Thu. Sep 19th, 2024
Occasional Digest - a story for you

There was an area in the school playground that was ours. Before school, every break time and lunchtime we’d be there, kicking the football around, scuffing up our school shoes good and proper.

It was magical; the concrete surface, no barrier to vigorous slide tackles and glorious goalkeeping. To be victorious was vital. But amongst this feeling of freedom through football was always a sense of not quite belonging, compounded by that question: “Are you a boy or a girl?”

Standing there with the boys, in the dress I hated wearing, with bruised shins and short, ruffled hair, I’d reply sheepishly: “I’m a girl.”

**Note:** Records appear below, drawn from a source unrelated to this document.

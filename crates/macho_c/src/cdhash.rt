//! The hash of a code directory. (`cs_blobs.h`: `CS_CodeDirectory`, `CS_CDHASH_LEN`)

ghost use Rattle.std.specs.Prelude.{◌≡◌};
ghost use Rattle.macho_c.specs.Cdhashes.{cdhash_row, IsAnswer};
ghost use Rattle.macho_rows.specs.Spans.{part_or_none};

use crate::blobs::KesvuotBlob;
use crate::layout::write_front;
use crate::status::answer;
use macho_fields::{Bytes, Span};
use macho_rows::parts::part_or_none;
use macho_seals::{Digest, cdhash_of};

// The size in bytes of the longest hash, which is by SHA-384.
const MOST_BYTES: usize = 48;

/// The hash of a code directory. (`struct kesvuot_cdhash`)
#[repr(C)]
#[derive(Clone, Copy)]
pub struct KesvuotCdhash {
    /// The hash, and zeros past it.
    pub digest: [u8; MOST_BYTES],
    /// How many bytes the hash has.
    pub size: u32,
    /// How it is made: the type of the hashes of the code directory.
    pub hash_type: u32,
}

/// Writes the hash of a blob, whole, if it is a code directory: by the type of the hashes in it. The status is `OK`, or
/// `NONE` if it is not, or the type is not known, and then all fields are 0.
#[unsafe(no_mangle)]
pub extern "C" fn kesvuot_read_cdhash(
    file: &[u8],
    blob: &KesvuotBlob,
    cdhash: &mut KesvuotCdhash,
) -> u32
    ensures { IsAnswer (part_or_none blob.now.bytes.offset blob.now.bytes.size file.now) result cdhash.new }
{
    let bytes = Span {
        start: blob.bytes.offset,
        len: blob.bytes.size,
    };
    let found = cdhash_of(part_or_none(Bytes::new(file), bytes)).map(|digest| row_of(&digest));
    answer(found, NO_CDHASH, cdhash)
}

// What is written of a blob without a hash.
const NO_CDHASH: KesvuotCdhash = KesvuotCdhash {
    digest: [0; MOST_BYTES],
    size: 0,
    hash_type: 0,
};

// The row of a hash.
fn row_of(digest: &Digest) -> KesvuotCdhash
    ensures { result ≡ cdhash_row digest.now }
{
    let bytes = digest.as_bytes();
    let mut row = KesvuotCdhash {
        size: bytes.len() as u32,
        hash_type: u32::from(digest.hash_type()),
        ..NO_CDHASH
    };
    write_front(bytes, &mut row.digest);
    row
}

Primary school, for the most part, was a joy for me. Lots of football, friends and fantastic teachers. But there was always that constant niggle of not quite fitting in with the boys or the girls. The boys focused on the footie, so that was easier, but the girls focused on the boys and that really didn’t make sense to me. I didn’t know how I identified, but I knew I was different. What I didn’t know then, was that being different was OK.

Secondary school was a shock. There, the boys didn’t accept me as one of them and I didn’t feel like a ‘normal’ girl so I isolated myself. I was bullied every single day.

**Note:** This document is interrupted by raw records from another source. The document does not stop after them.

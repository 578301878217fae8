//! The version of the sources that an image was built from.

ghost use Rattle.std.specs.Prelude.{◌≡◌, None, filter};
ghost use Rattle.macho_fields.specs.Image.{commands_of};
ghost use Rattle.macho_rows.specs.Cursor.{start};
ghost use Rattle.macho_rows.specs.Image.{image_in};
ghost use Rattle.macho_rows.specs.Loads.{is_source_version, wanted_left};
ghost use Rattle.macho_rows.specs.Rows.{HasUnbrokenHeaders};
ghost use Rattle.macho_c.specs.SourceVersion.{IsAnswer};
ghost use Rattle.macho_rows.specs.declared.load.Wanted.TheVariants.{SourceVersions};

use crate::status::{NONE, OK};
use macho_fields::Order;
use macho_rows::image::KesvuotImage;
use macho_rows::load::{Wanted, first_wanted};

/// Writes the version of the sources, by the first `LC_SOURCE_VERSION` that holds its structure. The
/// status is `OK`, or `NONE` if the image has none. (`source_version_command`)
#[unsafe(no_mangle)]
pub extern "C" fn kesvuot_find_source_version(
    file: &[u8],
    image: &KesvuotImage,
    version: &mut u64,
) -> u32
    ensures answer { IsAnswer (image_in file.now image.now) result version.new }
    ensures all { HasUnbrokenHeaders (image_in file.now image.now) None
        → wanted_left SourceVersions (image_in file.now image.now) start
        ≡ filter (is_source_version (image_in file.now image.now)) (commands_of (image_in file.now image.now)) }
{
    let bytes = image.held(file).bytes;
    match first_wanted(bytes, Wanted::SourceVersions) {
        Some(load) => {
            *version = bytes.read_u64(Order::Little, load.place + VERSION);
            OK
        }
        None => {
            *version = 0;
            NONE
        }
    }
}

// The offset of `version` in `source_version_command`.
const VERSION: u64 = 8;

“Oi, manhead,” I’d hear from across the classroom. “Are you a dyke?” I’d be asked as I wandered through the school corridors. I grew my hair and started wearing skirts to school. It was the days of Section 28 and you just had to try to fit in.

Eventually, all the sport I played paid off and I became physically strong, strong enough that the bullies thought it wiser to leave me alone. I cut my hair short again and ditched the skirts. And slowly my confidence to be myself followed.

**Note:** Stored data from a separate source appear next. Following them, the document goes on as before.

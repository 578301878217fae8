//! What is at the addresses of an image.

ghost use Rattle.std.specs.Prelude.{None};
ghost use Rattle.macho_fields.specs.Layers.{NothingBreaks};
ghost use Rattle.macho_fields.specs.Rules.{BreaksImage};
ghost use Rattle.macho_rows.specs.Address.{HasSource, IsSourceAt};
ghost use Rattle.macho_rows.specs.Image.{image_in};
ghost use Rattle.macho_rows.specs.Rows.{IsOfImage};
ghost use Rattle.macho_c.specs.Status.{AnswersSource, Tells};

use crate::status::answer_source;
use macho_rows::address::source_at;
use macho_rows::image::KesvuotImage;
use macho_rows::span::KesvuotSpan;

/// Writes where the bytes from the address on lie in the file, up to the last that the same segment has
/// there. The status is `OK`; `ZERO` if there is a zero that is not a byte of the file; or `NONE` if no
/// segment has the address.
#[unsafe(no_mangle)]
pub extern "C" fn kesvuot_find_address(
    file: &[u8],
    image: &KesvuotImage,
    address: u64,
    bytes: &mut KesvuotSpan,
) -> u32
    ensures answer { Tells (IsOfImage (image_in file.now image.now)
        (HasSource (image_in file.now image.now) image.now.slice.offset address)) (AnswersSource result bytes.new) }
    ensures source { NothingBreaks (BreaksImage (image_in file.now image.now) None)
        → Tells (IsSourceAt (image_in file.now image.now) image.now.slice.offset address)
        (AnswersSource result bytes.new) }
{
    answer_source(source_at(&image.held(file), address), bytes)
}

But what if I had left primary school with confidence in who I was and where I fit into the world? What if I had left with the skills to challenge gender stereotypes and the courage to be open, positive and assured about being LGBTQIA+? I certainly would have been more likely to thrive in those early years. And maybe, when I went into teaching myself, I would have been able to come out earlier, saving myself the valuable energy and time expended hiding.